Childhood was just the beginning, though. After becoming good at many sports, I made several teams in middle and high school. By the time I was fifteen, I was on the varsity football team, varsity soccer team, and JV basketball and hockey teams. Football was my sport of choice. I was a freight-train running back, with the power to drive through tacklers like they were sheets blowing in the wind. I wasn’t extremely fast, but I didn’t have to be. I just had to tap into the yawning abyss of rage that filled my soul since I was a boy. Nothing could stop me then.
Just in football, alone, I pounded and punished my knees without mercy. I felt no pain, I felt no injuries, I just kept running. Flattening the opponent was the best medicine for my aches and pains. With the other sports I played in high school, and the martial arts training I continued, it wasn’t just my knees that took the beating of a lifetime. My shoulders began to ache in cold weather; my hands, which always hurt, were starting to become stiff and constantly achy; and my neck became so stiff that I could just sneeze and make it pop.
After high school, my sports playing lessened, but I still palyed hours of basketball a day, and pickup football games whenever possible - and it always had to be full contact. These two things did almost as much damage to my knees as all the team play before. I would come back to my dorm after a six hour seesion of b-ball, and just colapse on my bed. If I wanted to ice my knees, I had to do it immediately, or I would never be able to get up for ice after hitting that mattress.
At this time, I also got bitten by the long-distance hiking bug. I hiked a handful of sections on the Appalachian Trail, and put on about seventeen to twenty miles a day when I worked in the wilderness with juvenile corrections. Looking back, I can’t believe any part of my body survived the level of abuse I put it through. All I ever wanted was to get just a little more respect, and a lot less hurt feelings - and I paid no attention to the price it was charging to my body.

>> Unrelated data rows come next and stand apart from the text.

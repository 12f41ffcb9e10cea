//! Two tables, put together.

ghost use Rattle.std.specs.Prelude.{◌≡◌, ◌⊎◌, IfOk};
ghost use Rattle.group_tables.specs.Table.{CanJoin, both_tables};

use group_tables::{Executor, Table};
use std::alloc::AllocError;

/// The table of the records of two, which are under one grouping set and for the same set
/// functions. The executor moves the groups of the one that has fewer.
///
/// Where both have a group of one key, the two have fewer than 2^63 members together, and are for
/// as many functions.
pub(crate) fn merge_tables<E: Executor>(
    executor: &E,
    first: Table,
    second: Table,
) -> Result<Table, AllocError>
    requires ready { E.ready executor.now }
    requires mergeable { CanJoin first second }
    ensures merged { IfOk result (λ table. table ≡ both_tables first second) }
{
    let (mut larger, smaller) = put_larger_first(first, second);
    larger.absorb(executor, smaller)?;
    Ok(larger)
}

/// Both tables, the one that has more groups first. The other one's groups are to move into it.
fn put_larger_first(first: Table, second: Table) -> (Table, Table)
    ensures { (result ≡ (first, second)) ⊎ (result ≡ (second, first)) }
{
    if first.len() < second.len() {
        (second, first)
    } else {
        (first, second)
    }
}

When I finally blew out my right knee, the surgeon told me after the reconstruction that it looked like a grenade went off inside my joint. Further x-rays confirmed that similar damage was done to the left knee as well. The only difference between the two was that I broke the left ankle and was off that leg for 6 to 8 weeks. My right leg was left with the responsibility of doing all the work for my 200 pounds of muscle. You can still see a visible difference between the musculature of each leg. It’s not a huge difference, but probably saved my left knee from the same fate.

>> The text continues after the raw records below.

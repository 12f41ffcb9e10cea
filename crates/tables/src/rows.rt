//! The groups of all grouping sets, each beside the index of its set.

ghost use Rattle.std.specs.Prelude.{◌≡◌, ◌++◌, ℕ, IfOk, OnOk, List, map};
ghost use Rattle.semantics.specs.Groups.{Record};
ghost use Rattle.group_tables.specs.GroupSummaries.{group_summary_in};
ghost use Rattle.group_tables.specs.Bags.{SameBag};
ghost use Rattle.group_tables.specs.GroupRows.{row_of, rows_from};
ghost use Rattle.group_tables.specs.Table.{HasFewRecords};
ghost use Rattle.query_resolve.specs.Functions.{indexed_functions};
ghost use Rattle.tables.specs.Inside.Folding.{IsTableOfKept};
ghost use Rattle.tables.specs.Planned.{AreFittingUnder};
ghost use Rattle.tables.specs.Sound.{IsTypedTableUnder};
ghost use Rattle.semantics.specs.ResultRows.{rows_before_having};

use crate::roll::groups_of_sets;
use group_tables::{Executor, Group, Table};
use query_plan::Plan;
use std::alloc::{AllocError, Global};

/// The groups of each grouping set of a plan, each beside the index of its set, by the table of all
/// grouping columns. The executor finishes them.
pub(crate) fn rows_of<E: Executor>(
    alloc: Global,
    executor: &E,
    plan: &Plan,
    finest: Table,
) -> Result<Vec<(usize, Group)>, AllocError>
    requires ready { E.ready executor.now }
    requires few { HasFewRecords (indexed_functions plan.now.fields plan.now.query) finest }
    ensures rows { IfOk result (λ rows. (records : List Record) → IsTableOfKept plan.now finest records
        → SameBag (map row_of rows.items) (rows_before_having plan.now.fields plan.now.query records)) }
    ensures fit { IfOk result (λ rows. IsTypedTableUnder plan.now finest
        → AreFittingUnder plan.now (map row_of rows.items)) }
{
    let groups = groups_of_sets(
        alloc,
        executor,
        plan.grouping(),
        plan.sets(),
        plan.set_functions(),
        finest,
    )?;
    flatten_groups(alloc, groups)
}

/// The groups of all sets, one set after the other.
fn flatten_groups(alloc: Global, groups: Vec<Vec<Group>>) -> Result<Vec<(usize, Group)>, AllocError>
    ensures { IfOk result (λ rows. map row_of rows.items ≡ rows_from 0 groups.items) }
{
    let mut rows = Vec::with_capacity(alloc, count_of(groups.as_slice()))?;
    for (index, of_set) in groups.into_iter().enumerate() {
        put_groups(&mut rows, index, of_set)?;
    }
    Ok(rows)
}

/// How many groups the sets have together.
fn count_of(groups: &[Vec<Group>]) -> usize {
    let mut count: usize = 0;
    for of_set in groups {
        count = count.saturating_add(of_set.len());
    }
    count
}

/// Puts the groups of one set to those of the sets before.
fn put_groups(
    rows: &mut Vec<(usize, Group)>,
    index: usize,
    groups: Vec<Group>,
) -> Result<(), AllocError>
    ensures { OnOk result (map row_of rows.new.items ≡ map row_of rows.old.items
        ++ map (λ group. (index, group_summary_in group)) groups.items) }
{
    for group in groups {
        rows.push((index, group))?;
    }
    Ok(())
}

I debated with myself about whether I should tell you how I blew out the knee… and I guess I will as long as you hold your laughter until a later time. You promise? Ok.
I tore my ACL, my PCL, and my meniscular ligament… drum roll please… playing kickball with a bunch of Girl Scouts. I worked for the county office of the Girl Scouts as their athletics director, and just had to participate in all the programs I ran. It was humiliating tell that to the doctors and surgeons in the E.R.
I was 22 then, and after the knee healed, I started playing basketball again, hiking long distances, and weight training to get my legs back to their massive former selves. I got stronger, kept healing, and didn’t stop the intensity of my life.
Now, I sit still and the knees ache. I move around and the knees pop, ache, and sometimes just give out at random times. I got sick this spring with a still unidentified illness/condition that causes fluid to constantly build up in my lungs. For some odd reason, beyond making it hard to breathe, and giving me intermittent chest pain, but I also strangely have a lot more stiffness and pain in my joints - especially the knees.
Through all the suffering and self-abuse, I wouldn’t change a thing about my choice to push myself beyond the physical limits everyone tried to impose upon me. I still disgust some and receive insults and scornful scowls from most other people. But for those who get to know me, they first see my ability to be as good or better than they are at most sports, but then actually look past the ugly hands to see a smart, funny, charming, and sensitive man just wanting a little respect - and maybe free knee replacement.